SD Horse racing in SD back on track, for now
Horse racing is happening in South Dakota on Oct. 2 and 3, 2021, after funding was approved by the South Dakota Commission on Gaming, as announced by the Verendrye Benevolent Association, the non-profit organization that has hosted Fort Pierre Horse Racing for over 70 years.
In the past, the Fort Pierre meet was always held in the spring, but after late storms left a snow covered race track in 2019, canceling the meet, a decision was made to switch the meet to the fall for the 2020 and now 2021 meets.
“Last year we offered some increased purses while we decreased our days to attract some different horses,” says Shane Kramme, Fort Pierre racetrack manager and Verendrye Benevolent Association board member. “Taking it from the spring to the fall, we were always the beginning training track for the year and had all of these two-year-old colts.”
In the past, the spring race meet was always the beginning training track for the year, meaning the two-year-old colts had never been in a race before. Not only did moving the meet to the fall make Kramme’s job easier as a starter, loading the now seasoned, well mannered race horses into the starting gate before each race, but the quality of horse races was better than Kramme had ever seen.
“As I looked at the photo finishes after we concluded, out of the eight horses in the race, there might be eight horses in the picture,” he says. “There wasn’t this spread-out field of horses with one good one and some mediocre ones, they were all good horses so that made for a great spectator experience.”
Fort Pierre is the last standing meet in South Dakota after the North East Area Horse Racing, the Aberdeen meet’s horse racing organization, released a statement in 2019 stating that after 60 years of horse racing, Aberdeen would no longer hold races, adding that they were optimistic that that would be a new revenue source to support South Dakota horse racing in the future. According to Kramme, there is enough funding to support purses for Fort Pierre to run in 2022, but after that, the future is unknown.
“Years ago we would race eight days here and then go to Aberdeen for seven days,” Kramme says. “That’s when money was plentiful to support South Dakota horse racing. We’re in a situation now where the money has dwindled and we don’t have enough money to support two race meets anymore.”
Kramme explains that South Dakota horse racing is funded by a 4.5 percent tax on Simulcast wagering in the state, but there is only one location left where Simulcast wagering takes place. Simulcast wagering meaning spectators can watch live races being broadcast from various tracks, and place live bets from where ever they are viewing.

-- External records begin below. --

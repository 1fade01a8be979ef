// The network of a checked table: one lent list of words, made by one function, that the search and the layers above read.
#![tactic(auto)]

pub mod bridges;
pub mod hops;
pub mod make;
pub mod near;
pub mod parts;
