// The two changes of a running plan, as functions for the benchmark. Of them only safety is proved.
use edits::change::{HalfLinkName, Running, RunningAnswer};
use rule::kinds::MOST_BRIDGES;
use running::calls::{change_metric, withdraw};

// The length of the table after a change, or the refusal number.
fn length_after(answer: RunningAnswer) -> u32 {
    match answer {
        RunningAnswer::Kept(running) => running.length,
        RunningAnswer::Refused {
            number,
            kind: _,
            word: _,
        } => number,
    }
}

// One change of metric.
#[unsafe(no_mangle)]
pub extern "C" fn bench_change(
    table: &mut [u8],
    length: u32,
    vid: u32,
    near: u32,
    port: u32,
    metric: u32,
) -> u32 {
    let running = Running {
        length: length,
        bridge: 0,
        vid: vid,
        changes: 0,
    };
    let name = HalfLinkName {
        near: near,
        port: port,
    };
    let mut costs = [0u32; MOST_BRIDGES];
    let mut hops = [0u32; MOST_BRIDGES];
    let mut lasts = [0u32; MOST_BRIDGES];
    let answer = change_metric(
        running, name, metric, table, &mut costs, &mut hops, &mut lasts,
    );
    length_after(answer)
}

// One withdrawal.
#[unsafe(no_mangle)]
pub extern "C" fn bench_withdraw(
    table: &mut [u8],
    length: u32,
    vid: u32,
    near: u32,
    port: u32,
) -> u32 {
    let running = Running {
        length: length,
        bridge: 0,
        vid: vid,
        changes: 0,
    };
    let name = HalfLinkName {
        near: near,
        port: port,
    };
    let mut costs = [0u32; MOST_BRIDGES];
    let mut hops = [0u32; MOST_BRIDGES];
    let mut lasts = [0u32; MOST_BRIDGES];
    let answer = withdraw(running, name, table, &mut costs, &mut hops, &mut lasts);
    length_after(answer)
}
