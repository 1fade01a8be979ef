// The path call, the tree call, the entries call and the search for trees alone, as functions for the benchmark.
ghost use Rattle.std.specs.Prelude.{◌≡◌, ◌≤◌, length};
ghost use Rattle.rule.specs.Words.{words_of};
ghost use Rattle.table.specs.Positions.{plan_at};
ghost use Rattle.verdict.specs.Examination.{Checked, LinkIndex};
ghost use Rattle.network.specs.Layout.{bridges_in};
ghost use Rattle.network.specs.Networks.{IsNetwork};
ghost use Rattle.bench_calls.specs.BenchCalls.{bench_path, bench_tree, bench_entries, bench_trees, last_cost, LastTree};

use entries::list::LONGEST_LIST;
use key_index::chain::INDEX;
use labels::label::{LABELS, cost_at};
use measures::measure::Cost;
use network::make::make_network;
use network::parts::NETWORK;
use rule::answer::{EntriesAnswer, PathAnswer, TreeAnswer};
use rule::kinds::MOST_BRIDGES;
use spb::entry_lists::entries;
use spb::paths::path;
use spb::tree_lists::tree;
use table::shape::Shape;
use tree::search::PATH_IDS;
use trees::plan_tree::tree_in_network;
use verdict::examine::examine;

// One path call: the cost, or the refusal number.
#[unsafe(no_mangle)]
pub extern "C" fn bench_path(table: &[u8], vid: u32, from: u32, to: u32) -> u32
    ensures { result ≡ bench_path table.now vid from to }
{
    let mut list = [0u32; MOST_BRIDGES];
    let answer = path(table, vid, from, to, &mut list);
    match answer {
        PathAnswer::Given { cost, hops: _ } => cost.0,
        PathAnswer::Refused {
            number,
            kind: _,
            word: _,
        } => number,
    }
}

// One tree call: the number of bridges, or the refusal number.
#[unsafe(no_mangle)]
pub extern "C" fn bench_tree(table: &[u8], vid: u32, from: u32) -> u32
    ensures { result ≡ bench_tree table.now vid from }
{
    let mut costs = [0u32; MOST_BRIDGES];
    let mut hops = [0u32; MOST_BRIDGES];
    let mut lasts = [0u32; MOST_BRIDGES];
    let answer = tree(table, vid, from, &mut costs, &mut hops, &mut lasts);
    match answer {
        TreeAnswer::Given { bridges } => bridges,
        TreeAnswer::Refused {
            number,
            kind: _,
            word: _,
        } => number,
    }
}

// One entries call, into a list as long as any: the number of words written, or the refusal number.
#[unsafe(no_mangle)]
pub extern "C" fn bench_entries(table: &[u8], bridge: u32) -> u32
    ensures { result ≡ bench_entries table.now bridge }
{
    let mut list = [0u32; LONGEST_LIST];
    let answer = entries(table, bridge, &mut list);
    match answer {
        EntriesAnswer::Written { words } => words,
        EntriesAnswer::Refused {
            number,
            kind: _,
            word: _,
        } => number,
    }
}

// Makes the trees of the first `count` bridges of a network.
fn make_trees(network: &[u32], count: usize, labels: &mut [u32], path_ids: &mut [u64])
    requires { IsNetwork network.now × (count ≤ bridges_in network.now) × (320 ≤ length labels.old) × (4096 ≤ length path_ids.old) }
    ensures { LastTree network.now count labels.old labels.new }
{
    for root in 0..count {
        tree_in_network(network, 1, root, labels, path_ids);
    }
}

// Makes the network of a checked table, and the trees of its first `count` bridges. Gives the last tree's cost of bridge 0.
fn trees_of_table(table: &[u8], s: Shape, link_index: &[u32], count: usize) -> Cost
    requires { Checked table.now s × (count ≤ s.bridges) × LinkIndex link_index.now table.now s }
    ensures { result.0 ≡ last_cost (plan_at (words_of table.now) s) count }
{
    let mut network = [0u32; NETWORK];
    let mut labels = [0u32; LABELS];
    let mut path_ids = [0u64; PATH_IDS];
    make_network(table, s, link_index, &mut network);
    make_trees(&network, count, &mut labels, &mut path_ids);
    cost_at(&labels, 0)
}

// One check, the network of the table once, and the trees of its first `count` bridges.
#[unsafe(no_mangle)]
pub extern "C" fn bench_trees(table: &[u8], count: u32) -> u32
    ensures { result ≡ bench_trees table.now count }
{
    let mut link_index = [0u32; INDEX];
    let examined = examine(table, &mut link_index);
    match examined {
        Ok(s) => {
            if s.bridges < count as usize {
                return 0;
            }
            trees_of_table(table, s, &link_index, count as usize).0
        }
        Err(refusal) => refusal.number,
    }
}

“It’s kind of the old, brick and mortar way of doing business, where you actually have to walk into an establishment to do your business,” Kramme says. “So of those wagers, 4.5 percent of that refers back to these racing accounts that support South Dakota horse racing and that is where our purse money and operations cost is derived from.”

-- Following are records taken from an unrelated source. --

// The index of near bridges, by which the half-links of a bridge are found without a search among all.
ghost use Rattle.std.specs.Prelude.{◌≤◌};
ghost use Rattle.key_index.specs.Index.{Indexed};
ghost use Rattle.table.specs.Whole.{Whole};
ghost use Rattle.network.specs.Rows.{NearIndex};

use key_index::entry::enter;
use table::records::half_link;
use table::shape::Shape;

// Enters the near bridge of each half-link into an index that has no key yet.
pub fn enter_near_bridges(table: &[u8], s: Shape, near_index: &mut [u32])
    requires { Whole table.now s × (s.half_links ≤ 512) × Indexed near_index.old 0 }
    ensures { NearIndex near_index.new table.now s }
{
    for i in 0..s.half_links {
        let h = half_link(table, s, i);
        enter(near_index, i, h.near);
    }
}
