//! How a row is made, grows and is cut back.

ghost use Rattle.std.specs.Prelude.{◌≡◌, min, [], take, IfOk};
ghost use Rattle.terms.specs.Rows.{all_below, fitting};
ghost use Rattle.terms.specs.Places.{place_for, with_node};
ghost use Rattle.terms.specs.RowViews.{row_nodes, row_limit, Becomes};

use crate::known::MAX_ARGUMENTS;
use crate::node::Node;
use crate::row::Row;
use std::alloc::{AllocError, Global};

// No row has more nodes than this.
// The same number as the greatest line of a writer, and another limit.
const MOST: usize = 65536;

impl Row {
    /// An empty row for at most `limit` nodes, or 65,536 where that is less.
    pub fn new(heap: Global, limit: usize) -> Result<Row, AllocError>
        ensures empty { IfOk result (λ row. row_nodes row ≡ []) }
        ensures limit { IfOk result (λ row. row_limit row ≡ min limit 65536) }
    {
        let limit = limit.min(MOST);
        let nodes = Vec::with_capacity(heap, limit)?;
        Ok(Row { nodes, limit })
    }

    /// Adds a node at the end and answers its place. None, with the row as it was, exactly where the row is full
    /// or the node may not stand there: it has more than eight arguments, or one that does not stand before it.
    pub fn push(&mut self, node: Node) -> Option<u32>
        ensures place { result ≡ place_for (row_limit self.old) (row_nodes self.old) node }
        ensures row { Becomes self.old self.new (with_node (row_limit self.old) (row_nodes self.old) node) }
    {
        let at = self.nodes.len();
        if at < self.limit && fits(node, at) {
            self.nodes.push_reserved(node);
            Some(at as u32)
        } else {
            None
        }
    }

    pub fn clear(&mut self)
        ensures { Becomes self.old self.new [] }
    {
        self.nodes.clear();
    }

    /// Keeps the first `n` nodes.
    pub fn truncate(&mut self, n: usize)
        ensures { Becomes self.old self.new (take n (row_nodes self.old)) }
    {
        self.nodes.truncate(n);
    }
}

// Whether a node may stand at a place: it has at most eight arguments, and they stand before it.
fn fits(node: Node, at: usize) -> bool
    ensures { result ≡ fitting at node }
{
    match node {
        Node::Var(_) | Node::Int(_) => true,
        Node::App { arity, args, .. } => arity as usize <= MAX_ARGUMENTS
            && all_before(&args[..arity as usize], at),
    }
}

// Whether all these places stand before `at`.
fn all_before(places: &[u32], at: usize) -> bool
    ensures { result ≡ all_below at places.now }
{
    places.iter().all(|place| (*place as usize) < at)
}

Today, its more common for spectators to download an app to their phone and place pari-mutuel bets, where all the bets are placed together in a pool, and no money goes back to South Dakota.
Kramme has worked to get something passed in the legislature to adapt the new mechanism for betting like surrounding states like North Dakota, Wyoming, Minnesota, Nebraska and Montana have done, using a portion of casino revenues to support horse racing, but the best that he has managed was lobbying for and receiving 120 thousand dollars out of the general fund to fund South Dakota horse racing.
“Horse racing in South Dakota is a tradition,” he says. “You can bet that as soon as there were two horses in South Dakota, before it even was South Dakota, they had a horse race. I know that the industry has shrunk from what it used to be, so the economic impact has become less, but it is hard to measure culturally, socially the impact that racing has on the state. There have been a lot of great horse trainers that have come out of South Dakota, a lot of history, so to lose those traditions, that would be horrible.”
The two days of racing will hold approximately eight to nine races per day, with post time at 1 PM CST on both days.